*** PROVIDED ENTRIES Section Begins ***
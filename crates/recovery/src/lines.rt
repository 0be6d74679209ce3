//! The lines that say what came of a recovery.
ghost use Rattle.std.specs.Prelude.{◌≡◌, IfOk, string_bytes};
ghost use Rattle.filesystem.specs.Outcomes.{code_of};
ghost use Rattle.recovery.specs.Results.{outcome_of};
ghost use Rattle.recovery.specs.Lines.{node_lines, pair_line, lines_of};

use filesystem::Fault;
use std::alloc::{AllocError, Global};
use std::fmt::Write;
use tree::Tree;

/// The lines of a tree's nodes.
#[tactic(auto, unfolding(crate::specs::Lines::node_lines))]
fn tree_lines(heap: Global, tree: &Tree) -> Result<String, AllocError>
    ensures { IfOk result (λ s. string_bytes s ≡ node_lines tree.now.nodes 16) }
{
    let mut lines = String::new(heap);
    for (k, node) in tree.nodes().iter().enumerate() {
        writeln!(lines, "{k} {node}")?;
    }
    Ok(lines)
}

/// The line of a fault.
fn fault_line(heap: Global, fault: Fault) -> Result<String, AllocError>
    ensures { IfOk result (λ s. string_bytes s ≡ pair_line (code_of fault)) }
{
    let (number, place) = fault.code();
    format!(in heap; "fault {number} {place}\n")
}

/// The lines of a recovery's answer.
pub fn outcome_lines(heap: Global, answer: &Result<Tree, Fault>) -> Result<String, AllocError>
    ensures { IfOk result (λ s. string_bytes s ≡ lines_of (outcome_of answer.now)) }
{
    match answer {
        Ok(tree) => tree_lines(heap, tree),
        Err(fault) => fault_line(heap, *fault),
    }
}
*** PROVIDED ENTRIES Section Ends ***
__TO DO__. Write an exact transcription of every entry above.

__RESULT BELOW__.
filename crates/recovery/src/lines.rt
repository 0be6d74679209ce3
//! The lines that say what came of a recovery.
ghost use Rattle.std.specs.Prelude.{◌≡◌, IfOk, string_bytes};
ghost use Rattle.filesystem.specs.Outcomes.{code_of};
ghost use Rattle.recovery.specs.Results.{outcome_of};
ghost use Rattle.recovery.specs.Lines.{node_lines, pair_line, lines_of};

use filesystem::Fault;
use std::alloc::{AllocError, Global};
use std::fmt::Write;
use tree::Tree;

/// The lines of a tree's nodes.
#[tactic(auto, unfolding(crate::specs::Lines::node_lines))]
fn tree_lines(heap: Global, tree: &Tree) -> Result<String, AllocError>
    ensures { IfOk result (λ s. string_bytes s ≡ node_lines tree.now.nodes 16) }
{
    let mut lines = String::new(heap);
    for (k, node) in tree.nodes().iter().enumerate() {
        writeln!(lines, "{k} {node}")?;
    }
    Ok(lines)
}

/// The line of a fault.
fn fault_line(heap: Global, fault: Fault) -> Result<String, AllocError>
    ensures { IfOk result (λ s. string_bytes s ≡ pair_line (code_of fault)) }
{
    let (number, place) = fault.code();
    format!(in heap; "fault {number} {place}\n")
}

/// The lines of a recovery's answer.
pub fn outcome_lines(heap: Global, answer: &Result<Tree, Fault>) -> Result<String, AllocError>
    ensures { IfOk result (λ s. string_bytes s ≡ lines_of (outcome_of answer.now)) }
{
    match answer {
        Ok(tree) => tree_lines(heap, tree),
        Err(fault) => fault_line(heap, *fault),
    }
}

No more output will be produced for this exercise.